*Work required*. Report the number of lines in the data below that hold "next", without any other words.

________________________________________

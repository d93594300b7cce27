//! The rows of the catalogue, and what they allow.
ghost use Rattle.std.specs.Prelude.{◌≡◌, ◌<◌, ◌^◌, ◌∷◌, [], List, ℕ, true, false, max, Some, None, is_some, IfOk, IfErr, OnOk};
ghost use Rattle.std.specs.FinMap as map;
ghost use Rattle.ids_base.specs.RowIds.{row_number};
ghost use Rattle.ids_model.specs.declared.effect.Effect.TheVariants.{NewTable};
ghost use Rattle.ids_model.specs.Rows.{is_shape};
ghost use Rattle.ids_model.specs.Slots.{Slots, own_at};
ghost use Rattle.ids_model.specs.Tables.{shape_at, apply};
ghost use Rattle.fast_recovery.specs.BrokenRows.{IsBrokenRow};
ghost use Rattle.fast_recovery.specs.Pages.{ArePages};
ghost use Rattle.fast_recovery.specs.Reading.{has_length, may_own, HaveGoodShapes};
ghost use Rattle.fast_recovery.specs.CatalogueRead.{CatalogueRead};

use crate::names::TableNames;
use crate::numbers::TableNumbers;
use crate::owner::Owner;
use crate::owners::Owners;
use crate::slots::FilledSlots;
use crate::tables::TablesFault;
use ids_base::memory::Memory;
use ids_base::name::Name;
use ids_base::numbers::{CATALOGUE, CATALOGUE_ROW, TableNo};
use ids_model::effect::Effect;
use ids_model::tables::PlainTables;
use row_codec::{CatalogueRow, decode_table, row_length};
use std::alloc::Global;

/// The tables that rows of the catalogue name, without rows; their numbers and names, and the greatest number, at least 99.
#[derive(Drop)]
pub(crate) struct Catalogue {
    pub tables: PlainTables,
    pub numbers: TableNumbers,
    pub names: TableNames,
    pub greatest: TableNo,
}

impl Catalogue {
    fn new(alloc: Global) -> Catalogue
        ensures { result ≡ record { tables = map.empty; numbers = map.empty; names = map.empty; greatest = 99 } }
    {
        Catalogue {
            tables: PlainTables::new(alloc),
            numbers: TableNumbers::new(alloc),
            names: TableNames::new(alloc),
            greatest: 99,
        }
    }

    /// What the rows of the catalogue say. Linear in all rows, with logarithmic look-ups.
    pub(crate) fn read(
        alloc: Global,
        owners: &Owners,
        slots: &FilledSlots,
    ) -> Result<Catalogue, TablesFault>
        ensures ok { IfOk result (λ c. CatalogueRead owners.now slots.now [] c) }
        ensures damaged { IfErr result (λ e. (row : ℕ) → e ≡ TablesFault.Damaged row → IsBrokenRow owners.now slots.now row) }
    {
        let mut catalogue = Catalogue::new(alloc);
        for (slot, row) in slots.iter() {
            catalogue.note(alloc, owners, *slot, row.bytes())?;
        }
        Ok(catalogue)
    }

    // Goes on by a row, if it is one of the catalogue.
    fn note(
        &mut self,
        alloc: Global,
        owners: &Owners,
        slot: u32,
        bytes: &[u8],
    ) -> Result<(), TablesFault>
        ensures ok { OnOk result ((slots : Slots) (rest : List (ℕ × List ℕ)) → CatalogueRead owners.now slots ((slot, bytes.now) ∷ rest) self.old → CatalogueRead owners.now slots rest self.new) }
        ensures damaged { IfErr result (λ e. (row : ℕ) → e ≡ TablesFault.Damaged row → (slots : Slots) (rest : List (ℕ × List ℕ)) → CatalogueRead owners.now slots ((slot, bytes.now) ∷ rest) self.old → IsBrokenRow owners.now slots row) }
    {
        let Some(owner) = owners.get(slot / 256) else {
            return Err(TablesFault::Damaged(slot));
        };
        if !owner.is_catalogue() {
            return Ok(());
        }
        let Some(row) = decode_table(alloc, bytes)? else {
            return Err(TablesFault::Damaged(slot));
        };
        if self.has_name(&row.name) || self.has_number(row.number) {
            return Err(TablesFault::Damaged(slot));
        }
        self.add(row)?;
        Ok(())
    }

    // Whether a table has the name.
    fn has_name(&self, name: &Name) -> bool
        ensures { result ≡ is_some (map.get self.now.tables name.now) }
    {
        self.tables.table(name).is_some()
    }

    // Whether a table has the number.
    fn has_number(&self, number: TableNo) -> bool
        ensures { result ≡ is_some (map.get self.now.names number) }
    {
        self.names.get(number).is_some()
    }

    // Puts a new table.
    fn add(&mut self, row: CatalogueRow) -> Result<(), Memory>
        requires name { shape_at self.old.tables row.name ≡ None }
        requires shape { is_shape row.shape ≡ true }
        ensures { OnOk result (self.new ≡ record { tables = apply self.old.tables (NewTable row.name row.shape); numbers = map.insert self.old.numbers row.name row.number; names = map.insert self.old.names row.number row.name; greatest = max self.old.greatest row.number }) }
    {
        self.greatest = self.greatest.max(row.number);
        self.names.set(row.number, row.name.copy())?;
        self.numbers.set(row.name.copy(), row.number)?;
        let effect = Effect::NewTable {
            name: row.name,
            shape: row.shape,
        };
        self.tables.apply(&[effect])
    }

    /// Refuses a page that has not the row length of its owner, by its slot 1. Linear in the pages, with logarithmic look-ups.
    pub(crate) fn check_pages(&self, owners: &Owners) -> Result<(), TablesFault>
        requires { HaveGoodShapes self.now.tables }
        ensures ok { OnOk result ((page : ℕ) (owner : ℕ × ℕ) → own_at owners.now page ≡ Some owner → may_own self.now.tables self.now.names owner ≡ true) }
        ensures damaged { IfErr result (λ e. (row : ℕ) → e ≡ TablesFault.Damaged row → (page : ℕ) × (owner : ℕ × ℕ) × (own_at owners.now page ≡ Some owner) × (may_own self.now.tables self.now.names owner ≡ false) × (row ≡ row_number page 1)) }
    {
        for (page, owner) in owners.iter() {
            if !self.allows(*owner) {
                return Err(TablesFault::Damaged(first_row(*page)));
            }
        }
        Ok(())
    }

    // Whether a page may have the owner.
    fn allows(&self, owner: Owner) -> bool
        requires { HaveGoodShapes self.now.tables }
        ensures { result ≡ may_own self.now.tables self.now.names owner }
    {
        if owner.table == CATALOGUE {
            return owner.row_length == CATALOGUE_ROW;
        }
        match self.names.get(owner.table) {
            None => true,
            Some(name) => self.has_length(name, owner.row_length),
        }
    }

    // Whether the rows of a table, if it is there, have the length.
    fn has_length(&self, name: &Name, length: u16) -> bool
        requires { HaveGoodShapes self.now.tables }
        ensures { result ≡ has_length length (shape_at self.now.tables name.now) }
    {
        match self.tables.table(name) {
            None => true,
            Some(table) => row_length(table.shape().as_slice()) == length as usize,
        }
    }
}

// The row id of slot 1 of a page.
fn first_row(page: u32) -> u32
    requires { page < 2 ^ 24 }
    ensures { result ≡ row_number page 1 }
{
    page * 256 + 1
}
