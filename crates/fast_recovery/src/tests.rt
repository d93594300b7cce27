//! Worked examples.
use crate::owner::Owner;
use crate::replay::Replay;
use crate::tables::{Found, TablesFault};
use ids_base::name::Name;
use ids_base::row_bytes::RowBytes;
use ids_base::row_id::RowId;
use ids_base::value::{Row, Value};
use log_records::record::{Record, Updated};
use std::alloc::Global;
use std::test::Fail;

const AB: &[u8] = b"\x00\x00\x00\x07ab  ";

const CD: &[u8] = b"\x00\x00\x00\x07cd  ";

const EF: &[u8] = b"\x00\x00\x00\x07ef  ";

fn row(alloc: Global, bytes: &[u8]) -> Result<RowBytes, Fail> {
    if bytes.is_empty() || bytes.len() > 800 {
        return Err("no row".into());
    }
    Ok(RowBytes::new(alloc, bytes)?)
}

fn insert(alloc: Global, tx: u64, table: u32, slot: u32, bytes: &[u8]) -> Result<Record, Fail> {
    Ok(Record::HInsert {
        tx,
        table,
        row: RowId::from_number(slot),
        after: row(alloc, bytes)?,
    })
}

fn delete(alloc: Global, tx: u64, slot: u32, bytes: &[u8]) -> Result<Record, Fail> {
    Ok(Record::HDelete {
        tx,
        table: 100,
        row: RowId::from_number(slot),
        before: row(alloc, bytes)?,
    })
}

fn update(alloc: Global, slot: u32, before: &[u8], after: &[u8]) -> Result<Record, Fail> {
    if before.len() != after.len() {
        return Err("rows of two lengths".into());
    }
    if before.is_empty() || before.len() > 800 {
        return Err("no rows".into());
    }
    let rows = Updated {
        before: RowBytes::new(alloc, before)?,
        after: RowBytes::new(alloc, after)?,
    };
    Ok(Record::HUpdate {
        tx: 3,
        table: 100,
        row: RowId::from_number(slot),
        rows,
    })
}

// The row of the catalogue for table 100, t (k INTEGER, c CHAR(4)).
fn catalogue_row() -> [u8; 359] {
    let mut row = [0; 359];
    row[3] = 100;
    row[4] = b't';
    row[22] = 2;
    row[23] = b'k';
    row[44] = b'c';
    row[62] = 1;
    row[64] = 4;
    row
}

fn go_on(replay: &mut Replay, record: Record) -> Result<(), Fail> {
    replay.note(&record.view())?;
    Ok(())
}

// Table t is made by transaction 1, and transaction 2 puts a row into it.
fn two_transactions(alloc: Global) -> Result<Replay, Fail> {
    let mut replay = Replay::new(alloc);
    go_on(&mut replay, Record::Begin { tx: 1, session: 1 })?;
    go_on(&mut replay, insert(alloc, 1, 1, 257, &catalogue_row())?)?;
    go_on(&mut replay, Record::Commit { tx: 1 })?;
    go_on(&mut replay, Record::Begin { tx: 2, session: 1 })?;
    go_on(&mut replay, insert(alloc, 2, 100, 513, AB)?)?;
    Ok(replay)
}

// The bytes in a slot, none where it is empty.
fn bytes_at(replay: &Replay, slot: u32) -> &[u8] {
    match replay.row_at(slot) {
        None => b"",
        Some(bytes) => bytes,
    }
}

#[test]
fn what_is_committed_stays(rt: HostRuntime) -> Result<(), Fail> {
    let mut replay = two_transactions(rt.alloc())?;
    assert!(rt; replay.has_standing());
    go_on(&mut replay, Record::Commit { tx: 2 })?;
    assert!(rt; !replay.has_standing());
    replay.take_back()?;
    assert_eq!(rt; bytes_at(&replay, 513), AB);
    assert_eq!(rt; bytes_at(&replay, 257), catalogue_row().as_slice());
    Ok(())
}

#[test]
fn what_is_open_is_taken_back(rt: HostRuntime) -> Result<(), Fail> {
    let mut replay = two_transactions(rt.alloc())?;
    assert!(rt; replay.has_standing());
    replay.take_back()?;
    assert!(rt; !replay.has_standing());
    assert_eq!(rt; bytes_at(&replay, 513), b"".as_slice());
    assert_eq!(rt; bytes_at(&replay, 257), catalogue_row().as_slice());
    let owner = Owner {
        table: 100,
        row_length: 8,
    };
    assert!(rt;
        replay.owner_at(2) == Some(owner),
        "the page stays the table's"
    );
    Ok(())
}

// Then transaction 3 replaces the row twice and deletes it, and transaction 4 puts another.
fn with_two_open(alloc: Global) -> Result<Replay, Fail> {
    let mut replay = two_transactions(alloc)?;
    go_on(&mut replay, Record::Commit { tx: 2 })?;
    go_on(&mut replay, Record::Begin { tx: 3, session: 1 })?;
    go_on(&mut replay, update(alloc, 513, AB, CD)?)?;
    go_on(&mut replay, update(alloc, 513, CD, EF)?)?;
    go_on(&mut replay, insert(alloc, 4, 100, 514, CD)?)?;
    go_on(&mut replay, delete(alloc, 3, 513, EF)?)?;
    Ok(replay)
}

#[test]
fn changes_are_taken_back_latest_first(rt: HostRuntime) -> Result<(), Fail> {
    let mut replay = with_two_open(rt.alloc())?;
    assert_eq!(rt; bytes_at(&replay, 513), b"".as_slice());
    go_on(&mut replay, Record::Rollback { tx: 3 })?;
    assert_eq!(rt; bytes_at(&replay, 513), AB);
    assert_eq!(rt; bytes_at(&replay, 514), CD, "another's change stands");
    assert!(rt; replay.has_standing());
    Ok(())
}

fn tables(replay: &Replay) -> Result<Found, Fail> {
    Ok(replay.tables()?)
}

// The row id at which pages and rows are damaged, 0 where they are not.
fn damage(replay: &Replay) -> u32 {
    match replay.tables() {
        Err(TablesFault::Damaged(row)) => row,
        _ => 0,
    }
}

fn table_number(found: &Found, name: &[u8]) -> Option<u32> {
    found.numbers.get(&Name::new(name)?)
}

// The text beside a key of table t.
fn text(found: &Found, key: i32) -> &[u8] {
    let Some(name) = Name::new(b"t") else {
        return b"";
    };
    let Some(table) = found.tables.table(&name) else {
        return b"";
    };
    match table.row(&Value::Int(key)) {
        None => b"",
        Some(row) => text_of(row),
    }
}

fn text_of(row: &Row) -> &[u8] {
    match row.as_slice() {
        [_, Value::Chars(text)] => text.bytes(),
        _ => b"",
    }
}

// The row of the catalogue with another number, below 256, and another name of one byte.
pub(crate) fn another_row(number: u8, name: u8) -> [u8; 359] {
    let mut row = catalogue_row();
    row[3] = number;
    row[4] = name;
    row
}

// Table t and its row, and one more row.
fn with_row(alloc: Global, table: u32, slot: u32, bytes: &[u8]) -> Result<Replay, Fail> {
    let mut replay = two_transactions(alloc)?;
    go_on(&mut replay, insert(alloc, 2, table, slot, bytes)?)?;
    Ok(replay)
}

fn tables_with(alloc: Global, table: u32, slot: u32, bytes: &[u8]) -> Result<Found, Fail> {
    let replay = with_row(alloc, table, slot, bytes)?;
    tables(&replay)
}

fn damage_with(alloc: Global, table: u32, slot: u32, bytes: &[u8]) -> Result<u32, Fail> {
    let replay = with_row(alloc, table, slot, bytes)?;
    Ok(damage(&replay))
}

// A page of table 250 whose only row is gone.
fn with_empty_page(alloc: Global) -> Result<Found, Fail> {
    let mut replay = with_row(alloc, 250, 769, CD)?;
    go_on(&mut replay, delete(alloc, 2, 769, CD)?)?;
    tables(&replay)
}

// A row in page 4, which has no owner.
fn damage_without_owner(alloc: Global) -> Result<u32, Fail> {
    let mut replay = two_transactions(alloc)?;
    go_on(&mut replay, update(alloc, 1025, AB, CD)?)?;
    Ok(damage(&replay))
}

#[test]
fn no_tables_are_found_in_nothing(rt: HostRuntime) -> Result<(), Fail> {
    let found = tables(&Replay::new(rt.alloc()))?;
    assert_eq!(rt; found.greatest, 99);
    assert_eq!(rt; table_number(&found, b"t"), None);
    Ok(())
}

#[test]
fn tables_are_found(rt: HostRuntime) -> Result<(), Fail> {
    let found = tables_with(rt.alloc(), 1, 258, &another_row(200, b'u'))?;
    assert_eq!(rt; table_number(&found, b"t"), Some(100));
    assert_eq!(rt; table_number(&found, b"u"), Some(200));
    assert_eq!(rt; table_number(&found, b"v"), None);
    assert_eq!(rt; text(&found, 7), b"ab".as_slice());
    assert_eq!(rt; text(&found, 8), b"".as_slice());
    assert_eq!(rt; found.greatest, 200, "no page is of table 200");
    Ok(())
}

#[test]
fn pages_without_rows_count(rt: HostRuntime) -> Result<(), Fail> {
    let found = with_empty_page(rt.alloc())?;
    assert_eq!(rt; found.greatest, 250);
    assert_eq!(rt; text(&found, 7), b"ab".as_slice());
    Ok(())
}

#[test]
fn the_row_that_breaks_the_catalogue_is_named(rt: HostRuntime) -> Result<(), Fail> {
    let alloc = rt.alloc();
    let name_twice = damage_with(alloc, 1, 258, &another_row(101, b't'))?;
    assert_eq!(rt; name_twice, 258);
    let number_twice = damage_with(alloc, 1, 258, &another_row(100, b'u'))?;
    assert_eq!(rt; number_twice, 258);
    let before = damage_with(alloc, 1, 256, &another_row(101, b't'))?;
    assert_eq!(rt; before, 257, "of two names the greater row id");
    let low_number = damage_with(alloc, 1, 258, &another_row(99, b'u'))?;
    assert_eq!(rt; low_number, 258);
    let no_name = damage_with(alloc, 1, 259, &another_row(101, b'1'))?;
    assert_eq!(rt; no_name, 259);
    let short_row = damage_with(alloc, 1, 770, AB)?;
    assert_eq!(rt; short_row, 769, "slot 1 of a page of table 1");
    Ok(())
}

#[test]
fn the_row_that_breaks_a_table_is_named(rt: HostRuntime) -> Result<(), Fail> {
    let alloc = rt.alloc();
    let good = damage_with(alloc, 100, 514, b"\x00\x00\x00\x08ab  ")?;
    assert_eq!(rt; good, 0);
    let unowned = damage_without_owner(alloc)?;
    assert_eq!(rt; unowned, 1025);
    let unnamed = damage_with(alloc, 101, 771, CD)?;
    assert_eq!(rt; unnamed, 771);
    let unread = damage_with(alloc, 100, 514, b"\x80\x00\x00\x00ab  ")?;
    assert_eq!(rt; unread, 514);
    let key_twice = damage_with(alloc, 100, 514, CD)?;
    assert_eq!(rt; key_twice, 514);
    let before = damage_with(alloc, 100, 512, CD)?;
    assert_eq!(rt; before, 513, "of two keys the greater row id");
    let elsewhere = damage_with(alloc, 100, 1027, CD)?;
    assert_eq!(rt; elsewhere, 1027, "a key of another page");
    Ok(())
}

// A page of table 100 with a row of 9 bytes, and without it again.
fn damage_with_long_page(alloc: Global) -> Result<(u32, u32), Fail> {
    let long = b"\x00\x00\x00\x08ab   ";
    let mut replay = with_row(alloc, 100, 770, long)?;
    let filled = damage(&replay);
    go_on(&mut replay, delete(alloc, 2, 770, long)?)?;
    Ok((filled, damage(&replay)))
}

#[test]
fn a_page_of_another_length_is_named_by_its_slot_1(rt: HostRuntime) -> Result<(), Fail> {
    let (filled, emptied) = damage_with_long_page(rt.alloc())?;
    assert_eq!(rt; filled, 769);
    assert_eq!(rt; emptied, 769, "no slot of it holds a row");
    Ok(())
}
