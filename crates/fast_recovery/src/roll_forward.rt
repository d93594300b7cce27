//! Reading the log: block by block, into a replay.
ghost use Rattle.std.specs.Prelude.{◌≡◌, ◌≤◌, ◌+◌, ◌<◌, ◌^◌, ℕ, Err, IfOk, IfErr};
ghost use Rattle.ids_outside.specs.Counts.{Rose};
ghost use Rattle.ids_outside.specs.Stops.{AreAmong, Leaves};
ghost use Rattle.fast_recovery.specs.PagedStates.{IsPagedState};
ghost use Rattle.fast_recovery.specs.LogRead.{HasRead, AreAlone, LogFault};

use crate::fault::OpenFault;
use crate::past::Past;
use ids_base::status::Place;
use ids_model::recovery_laws::runs_join;
use ids_outside::{Disk, laws};
use log_files::{BlockRead, LogFiles};
use std::alloc::Global;
use std::marker::Brand;

/// Reads the blocks from number 1 on up to the first that does not count, each once; their records are of the pages from 1 to
/// this many. A broken block is damage.
pub(crate) fn read_log<D: Disk>(
    alloc: Global,
    disk: &mut D,
    files: &LogFiles,
    pages: u32,
) -> Result<Past, OpenFault>
    requires lies { files.now.region.first + files.now.region.count ≤ D.size disk.old files.now.region.chunk }

    ensures read { IfOk result (λ p. D.tells → HasRead pages files.now.region (D.image disk.old) p) }
    ensures fault { IfErr result (λ e. D.tells → LogFault pages files.now.region (D.image disk.old) e) }
    // Also on a disk that does not tell its bytes.
    ensures alone { IfOk result (λ p. AreAlone p.open_tx p.replay.standing) }
    ensures paged { IfOk result (λ p. IsPagedState pages p.replay) }
    ensures from { IfOk result (λ p. 1 ≤ p.next) }
    ensures to { IfOk result (λ p. p.next ≤ 1 + files.now.region.count) }
    ensures same { D.image disk.new ≡ D.image disk.old }
    ensures stop { AreAmong (D.can_leave disk.new) (D.can_leave disk.old) }
    ensures any_moment { Leaves D.now D.can_leave D.left_at disk.old disk.new (λ x y. y ≡ x) }
    ensures sizes { (j : ℕ) → D.size disk.new j ≡ D.size disk.old j }
    ensures counted { D.fault_count disk.old ≤ D.fault_count disk.new }
    ensures cause { result ≡ Err OpenFault.Disk → Rose (D.fault_count disk.old) (D.fault_count disk.new) }
{
    laws::started::<D, Brand>();
    laws::then::<D, Brand, Brand, Brand>();
    runs_join();
    let last = u64::from(files.region().count);
    let mut past = Past::new(alloc);
    while past.next <= last {
        let found = files.read_from(disk, past.next)?;
        let body = match found {
            BlockRead::Body(body) => body,
            BlockRead::Absent => return Ok(past),
            BlockRead::Broken => return Err(OpenFault::Damaged(Place::Block(past.next))),
        };
        past.note_body(&body, pages)?;
    }
    Ok(past)
}
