//! The rows of tables.
ghost use Rattle.std.specs.Prelude.{◌≡◌, ◌∷◌, [], List, ℕ, IfOk, IfErr, OnOk, MatchOption};
ghost use Rattle.std.specs.FinMap as map;
ghost use Rattle.ids_model.specs.Slots.{Slots};
ghost use Rattle.fast_recovery.specs.BrokenRows.{IsBrokenRow};
ghost use Rattle.fast_recovery.specs.Reading.{AreNames};
ghost use Rattle.fast_recovery.specs.RowsRead.{RowsRead, IsNewRow, HasNoNewRow};

use crate::names::TableNames;
use crate::owners::Owners;
use crate::slots::FilledSlots;
use crate::tables::TablesFault;
use ids_base::memory::Memory;
use ids_base::name::Name;
use ids_model::effect::Effect;
use ids_model::tables::PlainTables;
use row_codec::decode;
use std::alloc::Global;

/// Puts all rows that are none of the catalogue into their tables. Linear in the rows, with logarithmic look-ups.
pub(crate) fn put_rows(
    alloc: Global,
    owners: &Owners,
    slots: &FilledSlots,
    names: &TableNames,
    tables: &mut PlainTables,
) -> Result<(), TablesFault>
    ensures ok { OnOk result (AreNames owners.now slots.now names.now → RowsRead owners.now slots.now (map.entries slots.now) tables.old → RowsRead owners.now slots.now [] tables.new) }
    ensures damaged { IfErr result (λ e. (row : ℕ) → e ≡ TablesFault.Damaged row → AreNames owners.now slots.now names.now → RowsRead owners.now slots.now (map.entries slots.now) tables.old → IsBrokenRow owners.now slots.now row) }
{
    for (slot, row) in slots.iter() {
        put_row(alloc, owners, names, tables, *slot, row.bytes())?;
    }
    Ok(())
}

// Puts a row into its table, if it is none of the catalogue.
fn put_row(
    alloc: Global,
    owners: &Owners,
    names: &TableNames,
    tables: &mut PlainTables,
    slot: u32,
    bytes: &[u8],
) -> Result<(), TablesFault>
    ensures ok { OnOk result ((slots : Slots) (rest : List (ℕ × List ℕ)) → AreNames owners.now slots names.now → RowsRead owners.now slots ((slot, bytes.now) ∷ rest) tables.old → RowsRead owners.now slots rest tables.new) }
    ensures damaged { IfErr result (λ e. (row : ℕ) → e ≡ TablesFault.Damaged row → (slots : Slots) (rest : List (ℕ × List ℕ)) → AreNames owners.now slots names.now → RowsRead owners.now slots ((slot, bytes.now) ∷ rest) tables.old → IsBrokenRow owners.now slots row) }
{
    let Some(owner) = owners.get(slot / 256) else {
        return Err(TablesFault::Damaged(slot));
    };
    if owner.table == 1 {
        return Ok(());
    }
    let Some(name) = names.get(owner.table) else {
        return Err(TablesFault::Damaged(slot));
    };
    let Some(effect) = new_row(alloc, tables, name, bytes)? else {
        return Err(TablesFault::Damaged(slot));
    };
    tables.apply(&[effect])?;
    Ok(())
}

// The effect that puts a row with these bytes into a table that has no row with its key.
fn new_row(
    alloc: Global,
    tables: &PlainTables,
    name: &Name,
    bytes: &[u8],
) -> Result<Option<Effect>, Memory>
    ensures { IfOk result (λ effect. MatchOption effect (HasNoNewRow tables.now name.now bytes.now) (λ e. IsNewRow tables.now name.now bytes.now e)) }
{
    let Some(table) = tables.table(name) else {
        return Ok(None);
    };
    let Some(row) = decode(alloc, table.shape(), bytes)? else {
        return Ok(None);
    };
    let Some(first) = row.as_slice().first() else {
        return Ok(None);
    };
    if table.row(first).is_some() {
        return Ok(None);
    }
    let key = first.copy(alloc)?;
    Ok(Some(Effect::Change {
        name: name.copy(),
        key,
        before: None,
        after: Some(row),
    }))
}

________________________________________

*Your response*. 5